Il faut d'abord saluer le Mahler Chamber Orchestra. Ayant imprudemment négligé de vérifier la distribution avant notre départ, on le prit même pour un orchestre français à cause des cuivres (mais la couleur des bois ne convenait pas), un peu bruyants et durs, bavant légèrement.
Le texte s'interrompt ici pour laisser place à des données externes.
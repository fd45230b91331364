// Rows of arithmetic and logic.
ghost use Rattle.std.specs.Prelude.{◌≡◌};
ghost use Rattle.svm_model.specs.Instructions.Operands.{state};
ghost use Rattle.svm_model.specs.Instructions.Arithmetic.{adds, subtracts, compares, combines, tests_bits, not_inverts, negates, increments, decrements};

use crate::sources::{destination_value, source_value};
use crate::widths::ones;
use flag_math::{add, logic, sub};
use register_file::{operand_value, read_flags, write_flags, write_operand, write_rip};
use row_table::destination;
use svm_model::{Flags, LogicKind, Registers, Row};

/// ADD, and ADC with CF as the carry.
#[tactic(auto, unfolding(svm_model::specs::Instructions::Arithmetic::adds))]
pub fn apply_sum(
    carry: bool,
    row: &Row,
    registers: &mut Registers,
    next_rip: u64,
    values: &[u64; 8],
    results: &mut [u64; 8],
)
    ensures { state registers.new results.new ≡ adds carry row.now next_rip values.now (state registers.old results.old) }
{
    let left = destination_value(row, registers, values);
    let right = source_value(row, registers, values);
    let (sum, flags) = add(row.width, left, right, carry);
    write_operand(row.width, destination(row), sum, registers, results);
    write_flags(registers, flags);
    write_rip(registers, next_rip);
}

/// SUB, and SBB with CF as the borrow.
#[tactic(auto, unfolding(svm_model::specs::Instructions::Arithmetic::subtracts))]
pub fn apply_difference(
    borrow: bool,
    row: &Row,
    registers: &mut Registers,
    next_rip: u64,
    values: &[u64; 8],
    results: &mut [u64; 8],
)
    ensures { state registers.new results.new ≡ subtracts borrow row.now next_rip values.now (state registers.old results.old) }
{
    let left = destination_value(row, registers, values);
    let right = source_value(row, registers, values);
    let (difference, flags) = sub(row.width, left, right, borrow);
    write_operand(row.width, destination(row), difference, registers, results);
    write_flags(registers, flags);
    write_rip(registers, next_rip);
}

/// CMP.
#[tactic(auto, unfolding(svm_model::specs::Instructions::Arithmetic::compares))]
pub fn apply_comparison(
    row: &Row,
    registers: &mut Registers,
    next_rip: u64,
    values: &[u64; 8],
    results: &mut [u64; 8],
)
    ensures { state registers.new results.new ≡ compares row.now next_rip values.now (state registers.old results.old) }
{
    let left = destination_value(row, registers, values);
    let right = source_value(row, registers, values);
    let (_, flags) = sub(row.width, left, right, false);
    write_flags(registers, flags);
    write_rip(registers, next_rip);
}

/// AND, OR and XOR.
#[tactic(auto, unfolding(svm_model::specs::Instructions::Arithmetic::combines))]
pub fn apply_logic(
    kind: LogicKind,
    row: &Row,
    registers: &mut Registers,
    next_rip: u64,
    values: &[u64; 8],
    results: &mut [u64; 8],
)
    ensures { state registers.new results.new ≡ combines kind row.now next_rip values.now (state registers.old results.old) }
{
    let left = destination_value(row, registers, values);
    let right = source_value(row, registers, values);
    let before = read_flags(registers);
    let (result, flags) = logic(row.width, kind, left, right, before);
    write_operand(row.width, destination(row), result, registers, results);
    write_flags(registers, flags);
    write_rip(registers, next_rip);
}

/// TEST.
#[tactic(auto, unfolding(svm_model::specs::Instructions::Arithmetic::tests_bits))]
pub fn apply_test(
    row: &Row,
    registers: &mut Registers,
    next_rip: u64,
    values: &[u64; 8],
    results: &mut [u64; 8],
)
    ensures { state registers.new results.new ≡ tests_bits row.now next_rip values.now (state registers.old results.old) }
{
    let left = destination_value(row, registers, values);
    let right = source_value(row, registers, values);
    let before = read_flags(registers);
    let (_, flags) = logic(row.width, LogicKind::And, left, right, before);
    write_flags(registers, flags);
    write_rip(registers, next_rip);
}

/// NOT.
#[tactic(auto, unfolding(svm_model::specs::Instructions::Arithmetic::not_inverts))]
pub fn apply_not(
    row: &Row,
    registers: &mut Registers,
    next_rip: u64,
    values: &[u64; 8],
    results: &mut [u64; 8],
)
    ensures { state registers.new results.new ≡ not_inverts row.now next_rip values.now (state registers.old results.old) }
{
    let value = operand_value(row.width, row.operand, registers, values);
    let turned = ones(row.width) - value;
    write_operand(row.width, row.operand, turned, registers, results);
    write_rip(registers, next_rip);
}

/// NEG.
#[tactic(auto, unfolding(svm_model::specs::Instructions::Arithmetic::negates))]
pub fn apply_negation(
    row: &Row,
    registers: &mut Registers,
    next_rip: u64,
    values: &[u64; 8],
    results: &mut [u64; 8],
)
    ensures { state registers.new results.new ≡ negates row.now next_rip values.now (state registers.old results.old) }
{
    let value = operand_value(row.width, row.operand, registers, values);
    let (negative, flags) = sub(row.width, 0, value, false);
    write_operand(row.width, row.operand, negative, registers, results);
    write_flags(registers, flags);
    write_rip(registers, next_rip);
}

/// INC.
#[tactic(auto, unfolding(svm_model::specs::Instructions::Arithmetic::increments))]
pub fn apply_increment(
    row: &Row,
    registers: &mut Registers,
    next_rip: u64,
    values: &[u64; 8],
    results: &mut [u64; 8],
)
    ensures { state registers.new results.new ≡ increments row.now next_rip values.now (state registers.old results.old) }
{
    let value = operand_value(row.width, row.operand, registers, values);
    let cf = read_flags(registers).cf;
    let (sum, flags) = add(row.width, value, 1, false);
    write_operand(row.width, row.operand, sum, registers, results);
    write_flags(registers, Flags { cf, ..flags });
    write_rip(registers, next_rip);
}

/// DEC.
#[tactic(auto, unfolding(svm_model::specs::Instructions::Arithmetic::decrements))]
pub fn apply_decrement(
    row: &Row,
    registers: &mut Registers,
    next_rip: u64,
    values: &[u64; 8],
    results: &mut [u64; 8],
)
    ensures { state registers.new results.new ≡ decrements row.now next_rip values.now (state registers.old results.old) }
{
    let value = operand_value(row.width, row.operand, registers, values);
    let cf = read_flags(registers).cf;
    let (difference, flags) = sub(row.width, value, 1, false);
    write_operand(row.width, row.operand, difference, registers, results);
    write_flags(registers, Flags { cf, ..flags });
    write_rip(registers, next_rip);
}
C'était être mauvaise langue : les cuivres des meilleurs orchestres français n'ont plus cette acidité agressive d'antan, ceux de l'Opéra de Paris ou du National de France sont même vraiment remarquables.
Mais quels bois ! Le hautbois solo et le cor anglais étaient en particulier merveilleux, d'une intensité de couleur et d'une expressivité dans le vibrato, le legato, d'une qualité dont on a peu d'exemple (on a pu penser au son enchanteur d'Albrecht Mayer par exemple).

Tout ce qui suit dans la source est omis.